● **TASK TO COMPLETE**: What you return must match every record word for word.
+===+
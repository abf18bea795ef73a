//! What is mended of small logs.
use mgr_mend::{LeftOut, mend_log};

/// A log, what stays of it, and what is left out.
struct Case {
    name: &'static str,
    log: &'static str,
    mended: &'static str,
    refused: &'static str,
    faulty: u64,
    beaten: u64,
    torn: bool,
}

const CASES: [Case; 5] = [
    Case {
        name: "an empty log",
        log: "",
        mended: "",
        refused: "",
        faulty: 0,
        beaten: 0,
        torn: false,
    },
    Case {
        name: "a line that is no operation, and one that was cut off",
        log: "{\"id\": [1,1],\"op\":\"del\"}\nx\n\n{\"op\":\"head\",\"version\":2}\n{\"id\":[1,",
        mended: "{\"id\": [1,1],\"op\":\"del\"}\n",
        refused: "x\n\n{\"op\":\"head\",\"version\":2}\n{\"id\":[1,",
        faulty: 3,
        beaten: 0,
        torn: true,
    },
    Case {
        name: "a rest that is an operation",
        log: "x\n{\"id\":[1,1],\"op\":\"del\"}",
        mended: "{\"id\":[1,1],\"op\":\"del\"}",
        refused: "x\n",
        faulty: 1,
        beaten: 0,
        torn: false,
    },
    Case {
        name: "a run of which one insertion is beaten",
        log: "{\"id\":[1,1],\"op\":\"run\",\"parent\":[0,0],\"text\":\"abc\"}\n{\"char\":\"B\",\"id\":[2,1],\"op\":\"ins\",\"parent\":[1,1]}\n",
        mended: "{\"char\":\"a\",\"id\":[1,1],\"op\":\"ins\",\"parent\":[0,0]}\n{\"char\":\"c\",\"id\":[3,1],\"op\":\"ins\",\"parent\":[2,1]}\n{\"char\":\"B\",\"id\":[2,1],\"op\":\"ins\",\"parent\":[1,1]}\n",
        refused: "{\"id\":[1,1],\"op\":\"run\",\"parent\":[0,0],\"text\":\"abc\"}\n",
        faulty: 0,
        beaten: 1,
        torn: false,
    },
    Case {
        name: "a rest that is beaten, and an insertion that stands twice",
        log: "{\"char\":\"a\",\"id\":[1,1],\"op\":\"ins\",\"parent\":[0,0]}\n{\"char\":\"a\",\"id\":[1,1],\"op\":\"ins\",\"parent\":[0,0] }\n{\"char\":\"b\",\"id\":[1,1],\"op\":\"ins\",\"parent\":[0,0]}",
        mended: "{\"char\":\"a\",\"id\":[1,1],\"op\":\"ins\",\"parent\":[0,0]}\n{\"char\":\"a\",\"id\":[1,1],\"op\":\"ins\",\"parent\":[0,0] }\n",
        refused: "{\"char\":\"b\",\"id\":[1,1],\"op\":\"ins\",\"parent\":[0,0]}",
        faulty: 0,
        beaten: 1,
        torn: false,
    },
];

#[test]
fn small_logs_are_mended(rt: HostRuntime) {
    for case in &CASES {
        let Ok(mended) = mend_log(rt.alloc(), case.log.as_bytes()) else {
            panic!(rt; "memory");
        };
        let left_out = LeftOut {
            faulty: case.faulty,
            beaten: case.beaten,
            torn: case.torn,
            excess: 0,
        };
        assert!(rt;
            mended.log.as_slice() == case.mended.as_bytes(),
            "{}: the log",
            case.name
        );
        assert!(rt;
            mended.refused.as_slice() == case.refused.as_bytes(),
            "{}: refused",
            case.name
        );
        assert!(rt; mended.left_out == left_out, "{}: left out", case.name);
    }
}

/// Bytes that are no UTF-8 are a line that is no operation.
#[test]
fn bytes_that_are_no_text_are_left_out(rt: HostRuntime) {
    let Ok(mended) = mend_log(rt.alloc(), b"\xff\xfe\n{\"id\":[1,1],\"op\":\"del\"}\n\xff") else {
        panic!(rt; "memory");
    };
    assert!(rt;
        mended.log.as_slice() == b"{\"id\":[1,1],\"op\":\"del\"}\n".as_slice(),
        "the log"
    );
    assert!(rt;
        mended.refused.as_slice() == b"\xff\xfe\n\xff".as_slice(),
        "refused"
    );
}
+===+
● **OUTPUT**:
repository abf18bea795ef73a
//! What is mended of small logs.
use mgr_mend::{LeftOut, mend_log};

/// A log, what stays of it, and what is left out.
struct Case {
    name: &'static str,
    log: &'static str,
    mended: &'static str,
    refused: &'static str,
    faulty: u64,
    beaten: u64,
    torn: bool,
}

const CASES: [Case; 5] = [
    Case {
        name: "an empty log",
        log: "",
        mended: "",
        refused: "",
        faulty: 0,
        beaten: 0,
        torn: false,
    },
    Case {
        name: "a line that is no operation, and one that was cut off",
        log: "{\"id\": [1,1],\"op\":\"del\"}\nx\n\n{\"op\":\"head\",\"version\":2}\n{\"id\":[1,",
        mended: "{\"id\": [1,1],\"op\":\"del\"}\n",
        refused: "x\n\n{\"op\":\"head\",\"version\":2}\n{\"id\":[1,",
        faulty: 3,
        beaten: 0,
        torn: true,
    },
    Case {
        name: "a rest that is an operation",
        log: "x\n{\"id\":[1,1],\"op\":\"del\"}",
        mended: "{\"id\":[1,1],\"op\":\"del\"}",
        refused: "x\n",
        faulty: 1,
        beaten: 0,
        torn: false,
    },
    Case {
        name: "a run of which one insertion is beaten",
        log: "{\"id\":[1,1],\"op\":\"run\",\"parent\":[0,0],\"text\":\"abc\"}\n{\"char\":\"B\",\"id\":[2,1],\"op\":\"ins\",\"parent\":[1,1]}\n",
        mended: "{\"char\":\"a\",\"id\":[1,1],\"op\":\"ins\",\"parent\":[0,0]}\n{\"char\":\"c\",\"id\":[3,1],\"op\":\"ins\",\"parent\":[2,1]}\n{\"char\":\"B\",\"id\":[2,1],\"op\":\"ins\",\"parent\":[1,1]}\n",
        refused: "{\"id\":[1,1],\"op\":\"run\",\"parent\":[0,0],\"text\":\"abc\"}\n",
        faulty: 0,
        beaten: 1,
        torn: false,
    },
    Case {
        name: "a rest that is beaten, and an insertion that stands twice",
        log: "{\"char\":\"a\",\"id\":[1,1],\"op\":\"ins\",\"parent\":[0,0]}\n{\"char\":\"a\",\"id\":[1,1],\"op\":\"ins\",\"parent\":[0,0] }\n{\"char\":\"b\",\"id\":[1,1],\"op\":\"ins\",\"parent\":[0,0]}",
        mended: "{\"char\":\"a\",\"id\":[1,1],\"op\":\"ins\",\"parent\":[0,0]}\n{\"char\":\"a\",\"id\":[1,1],\"op\":\"ins\",\"parent\":[0,0] }\n",
        refused: "{\"char\":\"b\",\"id\":[1,1],\"op\":\"ins\",\"parent\":[0,0]}",
        faulty: 0,
        beaten: 1,
        torn: false,
    },
];

#[test]
fn small_logs_are_mended(rt: HostRuntime) {
    for case in &CASES {
        let Ok(mended) = mend_log(rt.alloc(), case.log.as_bytes()) else {
            panic!(rt; "memory");
        };
        let left_out = LeftOut {
            faulty: case.faulty,
            beaten: case.beaten,
            torn: case.torn,
            excess: 0,
        };
        assert!(rt;
            mended.log.as_slice() == case.mended.as_bytes(),
            "{}: the log",
            case.name
        );
        assert!(rt;
            mended.refused.as_slice() == case.refused.as_bytes(),
            "{}: refused",
            case.name
        );
        assert!(rt; mended.left_out == left_out, "{}: left out", case.name);
    }
}

/// Bytes that are no UTF-8 are a line that is no operation.
#[test]
fn bytes_that_are_no_text_are_left_out(rt: HostRuntime) {
    let Ok(mended) = mend_log(rt.alloc(), b"\xff\xfe\n{\"id\":[1,1],\"op\":\"del\"}\n\xff") else {
        panic!(rt; "memory");
    };
    assert!(rt;
        mended.log.as_slice() == b"{\"id\":[1,1],\"op\":\"del\"}\n".as_slice(),
        "the log"
    );
    assert!(rt;
        mended.refused.as_slice() == b"\xff\xfe\n\xff".as_slice(),
        "refused"
    );
}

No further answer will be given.